◆ **TO DO**:
Work out how many lines of the data contain "same" and reply with that number alone.

◆ **EXERCISE DATA**:
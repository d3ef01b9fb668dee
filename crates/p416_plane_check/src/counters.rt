// The direct counters that tables name and that aren't declared in the control of the table.
ghost use Rattle.std.specs.Prelude.{◌≡◌, ◌++◌, [], map, filter, filter_map, flat_map, IfOk, OnOk};
ghost use Rattle.p416_syntax.specs.Scopes.{called_of, known_parameter};
ghost use Rattle.p416_syntax.specs.Declarations.{instance_name, known_local, control_names, table_in, tables_in, counters_in};
ghost use Rattle.p416_syntax.specs.Tables.{is_not_among, outer_counters};

use name_numbers::{Numbering, number_names};
use p4x_bits::{OutOfMemory, Text};
use p416_syntax::{Control16, Decl16, Instance, Local, Param};
use std::alloc::Global;

/// The name of an object.
fn instance_name(instance: &Instance) -> &Text
    ensures { result.now ≡ instance_name instance.now }
{
    match instance {
        Instance::Counter(_, _, name) => name,
        Instance::DirectCounter(_, name) => name,
        Instance::Register(_, _, name) => name,
        Instance::Meter(_, _, name) => name,
    }
}

/// The name that is declared in a control.
fn local_name(declared: &Local) -> &Text
    ensures { result.now ≡ called_of (known_local [] declared.now) }
{
    match declared {
        Local::Instance(_, instance) => instance_name(instance),
        Local::Var(var) => &var.name,
        Local::Action(action) => &action.name,
        Local::Table(table) => &table.name,
    }
}

/// Puts the names that are declared in a control last.
fn add_local_names<'s>(names: &mut Vec<&'s [u8]>, locals: &'s [Local]) -> Result<(), OutOfMemory>
    ensures { OnOk result (map (λ name. name.now) names.new.items ≡ map (λ name. name.now) names.old.items ++ map called_of (map (known_local []) locals.now)) }
{
    for declared in locals {
        names.push(local_name(declared).as_slice())?;
    }
    Ok(())
}

/// The names of the parameters of a control, in order.
fn parameter_names(alloc: Global, parameters: &[Param]) -> Result<Vec<&[u8]>, OutOfMemory>
    ensures { IfOk result (λ names. map (λ name. name.now) names.items ≡ map called_of (map (known_parameter []) parameters.now)) }
{
    let mut names = Vec::new(alloc);
    for parameter in parameters {
        names.push(parameter.name.as_slice())?;
    }
    Ok(names)
}

/// The names of the parameters of a control, and those that are declared in it.
#[tactic(auto, using(crate::proofs::Joining::control_joined))]
fn control_names(alloc: Global, control: &Control16) -> Result<Vec<&[u8]>, OutOfMemory>
    ensures { IfOk result (λ names. map (λ name. name.now) names.items ≡ map called_of (control_names [] control.now)) }
{
    let mut names = parameter_names(alloc, control.parameters.as_slice())?;
    add_local_names(&mut names, control.locals.as_slice())?;
    Ok(names)
}

/// Whether a name isn't among these.
#[tactic(auto, using(crate::proofs::Joining::found_is))]
fn is_not_among(names: &Numbering<'_>, name: &[u8]) -> bool
    ensures { result ≡ is_not_among names.now name.now }
{
    names.find(name).is_none()
}

/// Puts the direct counters last that tables among these name, and whose names aren't among those of the control.
fn add_counters<'s>(
    found: &mut Vec<&'s [u8]>,
    names: &Numbering<'_>,
    locals: &'s [Local],
) -> Result<(), OutOfMemory>
    ensures { OnOk result (map (λ name. name.now) found.new.items ≡ map (λ name. name.now) found.old.items ++ filter (is_not_among names.now) (filter_map counters_in (filter_map table_in locals.now))) }
{
    for declared in locals {
        if let Local::Table(table) = declared
            && let Some(name) = table.counters()
            && is_not_among(names, name.as_slice())
        {
            found.push(name.as_slice())?;
        }
    }
    Ok(())
}

/// The same of a control.
fn add_control<'s>(
    alloc: Global,
    found: &mut Vec<&'s [u8]>,
    control: &'s Control16,
) -> Result<(), OutOfMemory>
    ensures { OnOk result (map (λ name. name.now) found.new.items ≡ map (λ name. name.now) found.old.items ++ filter (is_not_among (map called_of (control_names [] control.now))) (filter_map counters_in (tables_in control.now))) }
{
    let names = number_names(alloc, control_names(alloc, control)?)?;
    add_counters(found, &names, control.locals.as_slice())
}

/// The same of a declaration.
fn add_decl<'s>(
    alloc: Global,
    found: &mut Vec<&'s [u8]>,
    decl: &'s Decl16,
) -> Result<(), OutOfMemory>
    ensures { OnOk result (map (λ name. name.now) found.new.items ≡ map (λ name. name.now) found.old.items ++ outer_counters decl.now) }
{
    match decl {
        Decl16::Control(control) => add_control(alloc, found, control),
        _ => Ok(()),
    }
}

/// The direct counters that the tables of these declarations name, but for those that the control of the table declares.
pub(crate) fn counter_names(alloc: Global, decls: &[Decl16]) -> Result<Vec<&[u8]>, OutOfMemory>
    ensures { IfOk result (λ found. map (λ name. name.now) found.items ≡ flat_map outer_counters decls.now) }
{
    let mut found = Vec::new(alloc);
    for decl in decls {
        add_decl(alloc, &mut found, decl)?;
    }
    Ok(found)
}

◆ **TASK OUTPUT**:
2